Lee’s voice shook as she whispered, “My name is Lee. Or Lelia, if you must.” A mean smile curved her lips. “Apparently when my mother took me away from you, she wanted no reminders of our past lives, either. Lelia is the name she gave me.” Her heart was pounding hard and fast inside her chest, and she wanted to scream. Her mother had been a slave. This bastard had kidnapped her mother, raped her—the thoughts spinning through her head slammed to a halt and she stared at him. “You said sons. Does that mean I have brothers?”

He inclined his head. “Indeed. The twins are powerful, strong men. They will do you proud.” He studied her with that eerie, possessive little smile. “You will do
us
proud. It’s time to return to your home, Daisha.”

He lifted a hand as though he was going to reach out for her, and Lee felt a ripple in the Veil. The power inside it strengthened as it started to shift the gate energies and reshape the Veil into a true portal. She backpedaled away as fast as she could, drawing the blade she had tucked into her boot.
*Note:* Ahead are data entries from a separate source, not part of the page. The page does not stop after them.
//! Devices of the system, or of memory, with their calls counted.
ghost use Rattle.std.specs.Prelude.{◌≡◌, ◌⊎◌};
ghost use Rattle.base_device.specs.Devices.{counted};

use crate::device::{ByteSink, ByteSource, DeviceFailed};
use std::io::{ErrorKind, Read, Write};

/// Makes a `ByteSource` of any `Read`, and a `ByteSink` of any `Write`.
///
/// `flush` is never called: hand in a writer that keeps nothing back.
#[derive(Drop)]
pub struct Counting<T> {
    pub device: T,
    pub reads: u64,
    pub writes: u64,
    pub failures: u64,
    pub blocked: u64,
    pub idle: u64,
    pub most_idle: u64,
}

impl<T> Counting<T> {
    /// A device that has made no calls yet.
    pub fn new(device: T) -> Counting<T>
        ensures { result
            ≡ record { device = device; reads = 0; writes = 0; failures = 0; blocked = 0; idle = 0; most_idle = 0 } }
    {
        Counting {
            device,
            reads: 0,
            writes: 0,
            failures: 0,
            blocked: 0,
            idle: 0,
            most_idle: 0,
        }
    }
}

/// Whether a call that failed so failed in earnest: one that was interrupted or would block may be made again.
fn has_failed(kind: ErrorKind) -> bool {
    !matches!(kind, ErrorKind::Interrupted | ErrorKind::WouldBlock)
}

/// A count of the calls that would block, after one more call that answered this kind of error.
fn blocked_after(kind: ErrorKind, blocked: u64) -> u64
    ensures { (result ≡ blocked) ⊎ (result ≡ counted blocked) }
{
    if matches!(kind, ErrorKind::WouldBlock) {
        return blocked.saturating_add(1);
    }
    blocked
}

impl<T: Read> ByteSource for Counting<T> {
    ghost remaining = { λ s. T.remaining s.device };

    ghost reads = { λ s. s.reads };

    ghost failures = { λ s. s.failures };

    ghost blocked = { λ s. s.blocked };

    fn reads(&self) -> u64 {
        self.reads
    }

    fn failures(&self) -> u64 {
        self.failures
    }

    fn blocked(&self) -> u64 {
        self.blocked
    }

    fn read(&mut self, buffer: &mut [u8]) -> Result<Option<usize>, DeviceFailed> {
        self.reads += 1;
        match self.device.read(buffer) {
            Ok(count) => Ok(Some(count)),
            Err(error) => {
                let kind = error.kind();
                if has_failed(kind) {
                    self.failures += 1;
                    return Err(DeviceFailed);
                }
                self.blocked = blocked_after(kind, self.blocked);
                Ok(None)
            }
        }
    }
}

impl<T: Write> ByteSink for Counting<T> {
    ghost contents = { λ s. T.contents s.device };

    ghost failures = { λ s. s.failures };

    ghost idle = { λ s. s.idle };

    ghost most_idle = { λ s. s.most_idle };

    ghost writes = { λ s. s.writes };

    ghost blocked = { λ s. s.blocked };

    fn writes(&self) -> u64 {
        self.writes
    }

    fn failures(&self) -> u64 {
        self.failures
    }

    fn idle(&self) -> u64 {
        self.idle
    }

    fn blocked(&self) -> u64 {
        self.blocked
    }

    fn write(&mut self, octets: &[u8]) -> Result<usize, DeviceFailed> {
        self.writes = self.writes.saturating_add(1);
        let taken = match self.device.write(octets) {
            Ok(taken) => taken,
            Err(error) => {
                let kind = error.kind();
                if has_failed(kind) {
                    self.failures += 1;
                    self.most_idle = self.most_idle.max(self.idle);
                    return Err(DeviceFailed);
                }
                self.blocked = blocked_after(kind, self.blocked);
                0
            }
        };
        self.idle = if taken == 0 { self.idle + 1 } else { 0 };
        self.most_idle = self.most_idle.max(self.idle);
        Ok(taken)
    }
}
It felt awkward in her hands and, at the same time, completely natural. “I
am
home, you arrogant bastard.”

She tripped and ended up on her ass, and fear wrapped a chokehold around her throat as the gate energies continued to work their magick. As the Veil transitioned into a portal, she could feel the heat of the desert winds blowing, she could smell something exotic and sweet, and the intensity of the man in front of her reached out to wrap itself around her. It was an insidious magick. He hadn’t said a word, but she had the oddest urge to reach out to him. To go through the Veil and let him take her away. Someplace safe. Someplace where she would be cared for, pampered and protected—

She could see herself rising, moving toward him with her hand outstretched. Her foot brushed against something, and she looked down, realized she had dropped her blade. A knife Kalen had given her, made of some dense, dark metal that glinted blue under strong light. The sight of that knife stilled something inside her.
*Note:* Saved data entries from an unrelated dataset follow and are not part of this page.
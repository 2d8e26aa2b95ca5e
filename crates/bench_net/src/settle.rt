//! What a pipe keeps is handed on.
ghost use Rattle.std.specs.Prelude.{◌≡◌, [], IfOk, IfErr, OnErr, OnOk, true, not};
ghost use Rattle.bench_net.specs.Answers.{meaning_of};
ghost use Rattle.bench_net.specs.Events.{HasDeclined};
ghost use Rattle.bench_net.specs.Pipes.{HandsOn, IsEmpty, IsHeld, loss_waiting, refusal_of, waiting};

use crate::pipe::Pipe;
use crate::port::Port;
use crate::refusal::Refusal;

/// What a port answered that doesn't want what it was offered again.
#[derive(Clone, Copy)]
pub(crate) enum Answer {
    /// It took it.
    Taken,
    /// It has no use for it: there is no such connection, or it is closed.
    Declined,
}

/// Why a port wants what it was offered later.
#[derive(Clone, Copy)]
pub(crate) enum Stop {
    Full,
    NoMemory,
}

// What a port's answer means to what it was offered.
fn answer_of(answer: Result<(), Refusal>) -> Result<Answer, Stop>
    ensures { result ≡ meaning_of answer }
{
    match answer {
        Ok(()) => Ok(Answer::Taken),
        Err(Refusal::Unknown) | Err(Refusal::Closed) => Ok(Answer::Declined),
        Err(Refusal::Full) => Err(Stop::Full),
        Err(Refusal::NoMemory) => Err(Stop::NoMemory),
    }
}

// Hands on the piece, where one waits.
fn settle_piece<P: Port>(port: &mut P, pipe: &mut Pipe) -> Result<Answer, Stop>
    ensures handed { HandsOn P.takes P.refuses P.sent port.old port.new (waiting pipe.old) (waiting pipe.new) [] }
    ensures gone { OnOk result (pipe.new.kept ≡ 0) }
    ensures declined { IfOk result (λ answer. answer ≡ Answer.Declined → HasDeclined P.refuses port.new) }
    ensures held { IfErr result (λ stop. IsHeld P.refuses port.new pipe.new (refusal_of stop)) }
    ensures none_kept { pipe.old.kept ≡ 0 → pipe.new.kept ≡ 0 }
    ensures losing { pipe.new.losing ≡ pipe.old.losing }
    ensures out { pipe.new.out ≡ pipe.old.out }
{
    if pipe.kept == 0 {
        return Ok(Answer::Taken);
    }
    match answer_of(port.came(&pipe.room[..pipe.kept])) {
        Ok(answer) => {
            pipe.kept = 0;
            Ok(answer)
        }
        Err(stop) => Err(stop),
    }
}

// Hands on the loss, where it waits and no piece does.
fn settle_loss<P: Port>(port: &mut P, pipe: &mut Pipe) -> Result<Answer, Stop>
    requires { pipe.old.kept ≡ 0 }
    ensures handed { HandsOn P.takes P.refuses P.sent port.old port.new (waiting pipe.old) (waiting pipe.new) [] }
    ensures gone { OnOk result (IsEmpty pipe.new) }
    ensures declined { IfOk result (λ answer. answer ≡ Answer.Declined → HasDeclined P.refuses port.new) }
    ensures held { IfErr result (λ stop. IsHeld P.refuses port.new pipe.new (refusal_of stop)) }
    ensures none_kept { pipe.new.kept ≡ 0 }
    ensures losing { pipe.new.losing ≡ true → pipe.old.losing ≡ true }
    ensures still_losing { OnErr result (pipe.new.losing ≡ pipe.old.losing) }
    ensures out { pipe.new.out ≡ pipe.old.out }
{
    if !pipe.losing {
        return Ok(Answer::Taken);
    }
    match answer_of(port.lost()) {
        Ok(answer) => {
            pipe.losing = false;
            Ok(answer)
        }
        Err(stop) => Err(stop),
    }
}

/// Hands on what waits: the piece, and then the loss. Says what the port answered last.
pub(crate) fn settle<P: Port>(port: &mut P, pipe: &mut Pipe) -> Result<Answer, Stop>
    ensures handed { HandsOn P.takes P.refuses P.sent port.old port.new (waiting pipe.old) (waiting pipe.new) [] }
    ensures empty { OnOk result (IsEmpty pipe.new) }
    ensures declined { IfOk result (λ answer. answer ≡ Answer.Declined → HasDeclined P.refuses port.new) }
    ensures held { IfErr result (λ stop. IsHeld P.refuses port.new pipe.new (refusal_of stop)) }
    ensures none_kept { pipe.old.kept ≡ 0 → pipe.new.kept ≡ 0 }
    ensures losing { pipe.new.losing ≡ true → pipe.old.losing ≡ true }
    ensures still_losing { OnErr result (pipe.new.losing ≡ pipe.old.losing) }
    ensures out { pipe.new.out ≡ pipe.old.out }
{
    let first = settle_piece(port, pipe)?;
    if !pipe.losing {
        return Ok(first);
    }
    settle_loss(port, pipe)
}

/// The connection is lost: the port is told, or, where it refuses that for now, the pipe keeps the loss, as it keeps a
/// piece. It is told once, though this be called again before it is.
pub fn lose<P: Port>(port: &mut P, pipe: &mut Pipe)
    ensures handed { HandsOn P.takes P.refuses P.sent port.old port.new (waiting pipe.old) (waiting pipe.new)
        (loss_waiting (not pipe.old.losing)) }
    ensures none_kept { pipe.old.kept ≡ 0 → pipe.new.kept ≡ 0 }
    ensures out { pipe.new.out ≡ pipe.old.out }
{
    pipe.losing = true;
    let _ = settle(port, pipe);
}
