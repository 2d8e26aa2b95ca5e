//! Why the reading half of a call ended.

use crate::settle::Stop;

/// Why the reading half of a call ended.
#[derive(Clone, Copy)]
pub(crate) enum End {
    /// The source has nothing for now.
    Blocked,
    /// The input ended, and the port was told of the loss.
    Ended,
    /// The port has no use for more.
    Declined,
    /// A read failed.
    Failed,
    /// All turns were made.
    Over,
    /// The port holds things up.
    Held(Stop),
}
The weird urge to join the Warlord faded, and instead of the safe, pampered existence his presence offered, she saw it for what it was. A silken prison. Yes, she’d be cared for, pampered and protected, but she would also have men paraded before her until she claimed a husband, and then she would spend months on her back as he tried to impregnate her. Any male child would be taken away and sent to warrior training. Females would be allowed to remain with her for a time, but even they would be stolen away and groomed to become mates for the Warlords.
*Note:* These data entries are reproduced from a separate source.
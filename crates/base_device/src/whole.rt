//! Inputs that are read whole.
ghost use Rattle.std.specs.Prelude.{◌≡◌, ◌<◌, ◌≤◌, ◌+◌, ◌-◌, ◌^◌, max, length, List, [], ℕ, Some, option_copied};
ghost use Rattle.std.specs.Prelude.{IfOk, IfErr, OnOk};
ghost use Rattle.base_device.specs.Devices.{failures_after, Tells};
ghost use Rattle.base_device.specs.Inputs.{
  IsRead,
  IsInput,
  IsUnread,
  IsToldUnread,
  IsSaid,
  not_opened,
  not_read,
  unread_status,
};

use crate::device::{ByteSink, ByteSource};
use crate::inputs::{FileSource, OpenError};
use crate::output::{MAX_IDLE_WRITES, tell};
use crate::status::Status;
use std::alloc::{AllocError, AllocFailed, Global};
use thiserror::Error;

/// How many reads an input may take to its end.
pub const MAX_READS: u64 = 1_048_576;

/// How many octets are read at once.
const PIECE: usize = 65_536;

/// Why an input was not read whole.
#[derive(Clone, Copy, Debug, PartialEq, Eq, Error)]
pub enum InputError {
    #[error("{0}")]
    NotOpened(OpenError),
    #[error("a read failed")]
    Failed,
    /// `MAX_READS` reads were made, and the input didn't end.
    #[error("no end of input")]
    NoEnd,
    #[error("out of memory")]
    NoMemory,
}

impl From<AllocError> for InputError {
    ghost use Rattle.base_device.specs.declared.whole.InputError.TheVariants.{NoMemory};

    ghost from_gives = { λ _ e. e ≡ NoMemory };

    fn from(_e: AllocError) -> InputError {
        InputError::NoMemory
    }
}

impl<T: Drop> From<AllocFailed<T>> for InputError {
    ghost use Rattle.base_device.specs.declared.whole.InputError.TheVariants.{NoMemory};

    ghost from_gives = { λ _ e. e ≡ NoMemory };

    fn from(_e: AllocFailed<T>) -> InputError {
        InputError::NoMemory
    }
}

/// Reads to the end of what a source gives, a piece at once.
fn read_pieces<I: ByteSource>(
    piece: &mut [u8],
    text: &mut Vec<u8>,
    source: &mut I,
) -> Result<(), InputError>
    requires room { 0 < length piece.old }
    requires empty { text.old.items ≡ [] }
    requires reads { I.reads source.old + MAX_READS < 2 ^ 64 }
    requires failures { I.failures source.old < 2 ^ 64 - 1 }
    ensures reads { I.reads source.new ≤ I.reads source.old + MAX_READS }
    ensures made { I.reads source.old ≤ I.reads source.new }
    ensures read { OnOk result (IsRead I.remaining I.failures source.old source.new text.new.items) }
    ensures unread { IfErr result (IsUnread I.reads I.failures source.old source.new) }
{
    'reads: for _ in 0..MAX_READS {
        let count = match source.read(piece) {
            Err(_) => return Err(InputError::Failed),
            Ok(None) => continue,
            Ok(Some(0)) => return Ok(()),
            Ok(Some(count)) => count,
        };
        text.extend_from_slice(&piece[..count])?;
    }
    Err(InputError::NoEnd)
}

/// Reads to the end of what a source gives.
fn read_whole<I: ByteSource>(alloc: Global, source: &mut I) -> Result<Vec<u8>, InputError>
    requires reads { I.reads source.old + MAX_READS < 2 ^ 64 }
    requires failures { I.failures source.old < 2 ^ 64 - 1 }
    ensures reads { I.reads source.new ≤ I.reads source.old + MAX_READS }
    ensures made { I.reads source.old ≤ I.reads source.new }
    ensures read { IfOk result (λ text. IsRead I.remaining I.failures source.old source.new text.items) }
    ensures unread { IfErr result (IsUnread I.reads I.failures source.old source.new) }
{
    let mut piece = vec![in alloc; 0u8; PIECE]?;
    let mut text = Vec::new(alloc);
    read_pieces(&mut piece, &mut text, source)?;
    Ok(text)
}

/// Turns a source to a file, or to standard input.
fn turn_to<I: FileSource>(source: &mut I, name: Option<&str>) -> Result<(), OpenError>
    requires { I.failures source.old < 2 ^ 64 - 1 }
    ensures reads { I.reads source.new ≡ I.reads source.old }
    ensures failures { I.failures source.new ≡ failures_after result (I.failures source.old) }
{
    match name {
        Some(name) => source.open(name),
        None => {
            source.standard();
            Ok(())
        }
    }
}

/// Reads all of the file of that name, or of standard input, in at most [`MAX_READS`] reads.
pub fn read_input<I: FileSource>(
    alloc: Global,
    name: Option<&str>,
    source: &mut I,
) -> Result<Vec<u8>, InputError>
    requires reads { I.reads source.old + MAX_READS < 2 ^ 64 }
    requires failures { I.failures source.old < 2 ^ 64 - 1 }
    ensures reads { I.reads source.new ≤ I.reads source.old + MAX_READS }
    ensures made { I.reads source.old ≤ I.reads source.new }
    ensures read { IfOk result (λ text. IsInput I.remaining I.reads I.failures source.old source.new text.items) }
    ensures unread { IfErr result (IsUnread I.reads I.failures source.old source.new) }
{
    if let Err(why) = turn_to(source, name) {
        return Err(InputError::NotOpened(why));
    }
    read_whole(alloc, source)
}

fn not_opened_text(alloc: Global, name: &str, why: OpenError) -> Result<String, AllocError>
    ensures { IfOk result (λ text. text.bytes.items ≡ not_opened name.now why) }
{
    match why {
        OpenError::Directory => format!(in alloc; "read fault: {name} is a directory\n"),
        OpenError::Failed => format!(in alloc; "read fault: {name} can't be opened\n"),
    }
}

/// Tells that a file can't be opened, or that its name is a directory's.
pub fn tell_not_opened<O: ByteSink>(
    alloc: Global,
    name: &str,
    why: OpenError,
    sink: &mut O,
) -> Status
    requires idle { O.idle sink.old ≡ 0 }
    requires failures { O.failures sink.old < 2 ^ 64 - 1 }
    ensures told { (text : List ℕ) × Tells O.contents O.failures O.idle sink.old sink.new text Status.Fault result }
    ensures said { IsSaid O.contents O.failures O.idle sink.old sink.new (not_opened name.now why) Status.Fault result }
    ensures row { O.most_idle sink.new ≤ max (O.most_idle sink.old) MAX_IDLE_WRITES }
{
    match not_opened_text(alloc, name, why) {
        Ok(text) => tell(sink, text.as_bytes(), Status::Fault),
        Err(AllocError) => tell(sink, b"read fault\n", Status::Fault),
    }
}

fn not_read_text(alloc: Global, name: &str) -> Result<String, AllocError>
    ensures { IfOk result (λ text. text.bytes.items ≡ not_read (Some name.now) InputError.Failed) }
{
    format!(in alloc; "read fault: {name} can't be read\n")
}

// Tells that a file was opened and can't be read.
fn tell_not_read<O: ByteSink>(alloc: Global, name: &str, sink: &mut O) -> Status
    requires idle { O.idle sink.old ≡ 0 }
    requires failures { O.failures sink.old < 2 ^ 64 - 1 }
    ensures told { (text : List ℕ) × Tells O.contents O.failures O.idle sink.old sink.new text Status.Fault result }
    ensures said { IsSaid O.contents O.failures O.idle sink.old sink.new (not_read (Some name.now) InputError.Failed)
        Status.Fault result }
    ensures row { O.most_idle sink.new ≤ max (O.most_idle sink.old) MAX_IDLE_WRITES }
{
    match not_read_text(alloc, name) {
        Ok(text) => tell(sink, text.as_bytes(), Status::Fault),
        Err(AllocError) => tell(sink, b"read fault\n", Status::Fault),
    }
}

/// Tells why an input was not read whole: `no memory`, or `read fault` with what is known of it, and the file's name.
pub fn tell_unread<O: ByteSink>(
    alloc: Global,
    name: Option<&str>,
    why: InputError,
    sink: &mut O,
) -> Status
    requires idle { O.idle sink.old ≡ 0 }
    requires failures { O.failures sink.old < 2 ^ 64 - 1 }
    ensures told { IsToldUnread O.contents O.failures O.idle sink.old sink.new why result }
    ensures said { IsSaid O.contents O.failures O.idle sink.old sink.new (not_read (option_copied name.entry) why)
        (unread_status why) result }
    ensures row { O.most_idle sink.new ≤ max (O.most_idle sink.old) MAX_IDLE_WRITES }
{
    match (why, name) {
        (InputError::NoMemory, _) => tell(sink, b"no memory\n", Status::NoMemory),
        (InputError::NotOpened(why), Some(name)) => tell_not_opened(alloc, name, why, sink),
        (InputError::Failed, Some(name)) => tell_not_read(alloc, name, sink),
        (InputError::NoEnd, _) => tell(
            sink,
            b"read fault: no end of input after 1048576 reads\n",
            Status::Fault,
        ),
        (InputError::Failed, None) | (InputError::NotOpened(_), None) => {
            tell(sink, b"read fault\n", Status::Fault)
        }
    }
}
The rush of fury cleared her head, and she took a step back just as he reached out. She watched clinically as his hand pushed through the barrier. His flesh was pale and his hand looked strong. Scarred, calloused and hard. Had he used those hands to hurt her mother?

Slowly, Lee looked up at him and shook her head. “If you want me, you’ll have to do more than that.” She drew her arm back like she was launching a fastball and watched as silver fire went hurtling toward his face. She heard him yell, and even as she launched out, part of her whispered,
That was a bad, bad idea . . .

Something reached out of the gate, wispy and insubstantial as smoke. It caught her magick, sucked inside. She heard the Warlord shout out,

No!” He slashed a hand through the air, and the power fabric that held the gate together splintered as it consumed the magick. “Get back, Daisha.” His shout was distant, tinny, and she must have been imagining it, but he sounded
worried
. Terror filled her as more of those smoky tendrils snaked out of the gate, reaching for her.

She jerked back, instinctively shutting down her magick. Seconds passed as those smoky things continued to reach for her. Time slowed down, and she was excruciatingly aware of each passing second as the gate’s energies tried to reach her. Tension mounted until the silence seemed to scream, and then a huge crack of thunder ripped through the air above.